Puckett village, Mississippi – Demographic Profile (NH = Non-Hispanic)
| Race / Ethnicity | Pop 2010 | Pop 2020 | % 2010 | % 2020 |
|---|---|---|---|---|
| White alone (NH) | 311 | 311 | 98.42% | 90.94% |
| Black or African American alone (NH) | 1 | 15 | 0.32% | 4.39% |
| Native American or Alaska Native alone (NH) | 0 | 0 | 0.00% | 0.00% |
| Asian alone (NH) | 1 | 1 | 0.32% | 0.29% |
| Pacific Islander alone (NH) | 0 | 0 | 0.00% | 0.00% |
| Some Other Race alone (NH) | 0 | 0 | 0.00% | 0.00% |
| Mixed Race/Multi-Racial (NH) | 1 | 13 | 0.32% | 3.80% |
| Hispanic or Latino (any race) | 2 | 2 | 0.63% | 0.58% |
| Total | 316 | 342 | 100.00% | 100.00% |

Note: the US Census treats Hispanic/Latino as an ethnic category. This table excludes Latinos from the racial categories and assigns them to a separate category. Hispanics/Latinos can be of any race.

===2000 Census===
As of the census of 2000, there were 354 people, 136 households, and 110 families residing in the village. The population density was 175.6 PD/sqmi. There were 151 housing units at an average density of 74.9 /sqmi. The racial makeup of the village was 96.33% White, 2.82% African American, and 0.85% from two or more races.
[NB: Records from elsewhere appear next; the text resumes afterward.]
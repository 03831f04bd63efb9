//! The two states of bi and bo.
ghost use Rattle.std.specs.Prelude.{◌≡◌};
ghost use Rattle.rec_state.specs.TwoStates.{two_states};

use crate::states::States;
use ioc_dbcommon::{Got, severity_in, text_in};
use ioc_fields::{OwnField, RecordType};
use ioc_menus::Severity;
use ioc_values::{Text, Value};

/// The two states of bi and bo. Record Reference Manual, "Binary Input Record" and "Binary Output
/// Record".
#[derive(Clone, Copy, Drop)]
pub struct TwoStates {
    /// ZNAM and ONAM.
    pub names: [Text; 2],
    /// ZSV and OSV.
    pub zero_severity: Severity,
    pub one_severity: Severity,
}

impl States for TwoStates {
    ghost use Rattle.rec_state.specs.TwoStates.{two_lawful};

    ghost rules = { two_states };

    ghost lawful = { two_lawful };

    #[tactic(auto, unfolding(crate::specs::TwoStates::new_two))]
    fn new() -> Self {
        TwoStates {
            names: [Text::new(), Text::new()],
            zero_severity: Severity::NoAlarm,
            one_severity: Severity::NoAlarm,
        }
    }

    #[tactic(auto, unfolding(crate::specs::TwoStates::two_get))]
    fn get(&self, field: OwnField) -> Option<Value> {
        Some(match field {
            OwnField::Znam => Value::Text(self.names[0]),
            OwnField::Onam => Value::Text(self.names[1]),
            OwnField::Zsv => Value::Enum(self.zero_severity.number()),
            OwnField::Osv => Value::Enum(self.one_severity.number()),
            _ => return None,
        })
    }

    #[tactic(auto, unfolding(crate::specs::TwoStates::two_stored))]
    fn store(&mut self, field: OwnField, value: Value) {
        match field {
            OwnField::Znam => {
                let names = [text_in(value).unwrap_or(self.names[0]), self.names[1]];
                self.names = names;
            }
            OwnField::Onam => {
                let names = [self.names[0], text_in(value).unwrap_or(self.names[1])];
                self.names = names;
            }
            OwnField::Zsv => self.zero_severity = severity_in(value).unwrap_or(self.zero_severity),
            OwnField::Osv => self.one_severity = severity_in(value).unwrap_or(self.one_severity),
            _ => {}
        }
    }

    fn texts(&self) -> &[Text] {
        &self.names
    }

    fn severity(&self, value: u16) -> Severity {
        if value == 0 {
            self.zero_severity
        } else {
            self.one_severity
        }
    }

    fn has_alarms(value: u16) -> bool {
        value < 2
    }

    fn masked(mask: u32, raw: u32) -> u32 {
        if mask == 0 { raw } else { raw & mask }
    }

    fn state_of(&self, raw: u32) -> u16 {
        if raw == 0 { 0 } else { 1 }
    }

    fn raw_of(&self, mask: u32, value: u16) -> Option<u32> {
        Some(if value == 0 {
            0
        } else if mask != 0 {
            mask
        } else {
            u32::from(value)
        })
    }

    fn converts(_got: &Got, _undefined: u8) -> bool {
        true
    }

    fn driven(_mask: u32, raw: u32) -> u32 {
        raw
    }

    fn loaded_mask(&self, mask: u32) -> u32 {
        mask
    }

    fn constant(number: i64) -> Option<u16> {
        Some(if number == 0 { 0 } else { 1 })
    }

    fn input_type() -> RecordType {
        RecordType::Bi
    }

    fn output_type() -> RecordType {
        RecordType::Bo
    }
}
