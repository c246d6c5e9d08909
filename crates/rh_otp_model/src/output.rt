//! What a process does in a turn.

use crate::fault::Fault;
use crate::message::Message;
use crate::process::{Process, StartType};
use rh_model::{App, Node};

/// A message on its way.
#[derive(Drop)]
pub struct Envelope {
    pub from: Process,
    pub to: Process,
    pub message: Message,
}

/// What an observer sees.
#[derive(Clone, Copy, Debug, PartialEq, Eq)]
pub enum Event {
    /// The node's wait for others is over.
    Up(Node),
    /// Its boot script has come to its end.
    Booted(Node),
    /// The node has ended.
    Ended(Node),
    /// The application has started at the node.
    Started(App, Node, StartType),
    /// It has stopped there.
    Stopped(App, Node),
    /// Its start by the boot script has failed there.
    Failed(App, Node, Fault),
    /// The call of this number was answered.
    Answered(u32),
}

/// By which name a lock of `global` is asked for: all nodes that synchronise have one together.
#[derive(Clone, Copy, Debug, PartialEq, Eq)]
pub enum Requester {
    /// `{dist_ac, sync_dacs}`
    Sync,
    /// `{dist_ac, self()}` of this process.
    Alone(Process),
}

/// What a process does in a turn.
#[derive(Drop)]
pub enum Output {
    /// It sends a message to a process.
    Send(Envelope),
    /// An observer sees this.
    Tell(Event),
    /// `{dist_ac, Node} ! Message`
    ToDist(Node, Message),
    /// `monitor_node(Node, true)`
    Monitor(Node),
    /// `global:del_lock/2` of the lock that this process has by this name.
    Free(Requester, Process),
    /// `erlang:send_after/3` to itself, in milliseconds.
    After(u64, Message),
}
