//! What the processes of live nodes of OTP 25.2.3 are named by, what they send one another, and how they look rows up.
//!
//! A live node has an `application_controller`, a `dist_ac` where its `distributed` is set, and smaller processes ([`Role`]). They
//! send one another a [`Message`]; what a process does in a turn is a list of [`Output`]s. `rh_otp_controller` and `rh_otp_dist` have
//! the processes. The rules are those of OTP's own sources, and not the manual's, which `rh_rules` has.
#![tactic(auto)]

mod fault;
mod flags;
mod message;
mod output;
mod own;
mod process;
mod rows;
mod wait;

pub use fault::{Fault, Outcome};
pub use flags::Flags;
pub use message::{Change, Message, Reply};
pub use output::{Envelope, Event, Output, Requester};
pub use own::{Entry, Own, Written};
pub use process::{Here, Process, Role, StartType};
pub use rows::{drop_app, drop_rows, has_row, key_delete, key_find, key_replace, key_store};
pub use wait::{OwnFile, Wait};
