//! The processes of a live node.

use rh_model::{App, Node};

/// What a process is.
#[derive(Clone, Copy, Debug, PartialEq, Eq)]
pub enum Role {
    /// application_controller.
    Controller,
    /// dist_ac.
    DistAc,
    /// kernel_config, which waits for other nodes.
    KernelConfig,
    /// net_kernel, which tells of nodes that are connected.
    NetKernel,
    /// init, which runs the boot script.
    Boot,
    /// The process that starts an application.
    Starter(App),
    /// The timers of a node.
    Timer,
    /// The node as a whole.
    System,
    /// The call of an operator, by its number.
    Call(u32),
}

/// A process: what it is, at which node, and in which life of that node, counted from 1.
#[derive(Clone, Copy, Debug, PartialEq, Eq)]
pub struct Process {
    pub role: Role,
    pub node: Node,
    pub life: u32,
}

/// A node in one of its lives.
#[derive(Clone, Copy, Debug, PartialEq, Eq)]
pub struct Here {
    pub node: Node,
    pub life: u32,
}

impl Here {
    ghost use Rattle.std.specs.Prelude.{◌≡◌};
    ghost use Rattle.rh_otp_model.specs.Processes.{process_at};

    /// Its process of this role.
    pub fn process(self, role: Role) -> Process
        ensures { result ≡ process_at self role }
    {
        Process {
            role,
            node: self.node,
            life: self.life,
        }
    }
}

/// How an application is started (application(3), the start type of `start/2`).
#[derive(Clone, Copy, Debug, PartialEq, Eq)]
pub enum StartType {
    /// By itself.
    Normal,
    /// In place of the one that was lost with this node.
    Failover(Node),
    /// In place of the one that runs at this node.
    Takeover(Node),
}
There were 136 households, out of which 39.7% had children under the age of 18 living with them, 66.2% were married couples living together, 11.8% had a female householder with no husband present, and 19.1% were non-families. 18.4% of all households were made up of individuals, and 11.0% had someone living alone who was 65 years of age or older. The average household size was 2.60 and the average family size was 2.91.

In the village, the population was spread out, with 28.5% under the age of 18, 3.1% from 18 to 24, 28.5% from 25 to 44, 27.7% from 45 to 64, and 12.1% who were 65 years of age or older. The median age was 37 years. For every 100 females, there were 89.3 males. For every 100 females age 18 and over, there were 83.3 males.

The median income for a household in the village was $36,625, and the median income for a family was $41,000. Males had a median income of $30,179 versus $21,458 for females. The per capita income for the village was $13,909. About 11.5% of families and 10.8% of the population were below the poverty line, including 4.5% of those under age 18 and 18.8% of those age 65 or over.

==Education==
Puckett became the educational center of South Rankin in the early 20th century. The town of Puckett is served by the Rankin County School District.

===Public schools===
- Puckett Attendance Center (grades K–12)

===Sports===
The Puckett Wolves advanced to the MHSAA 1-A Football Championship in 2002 and 2006–2008, winning the championship in 2002, 2006 & 2008.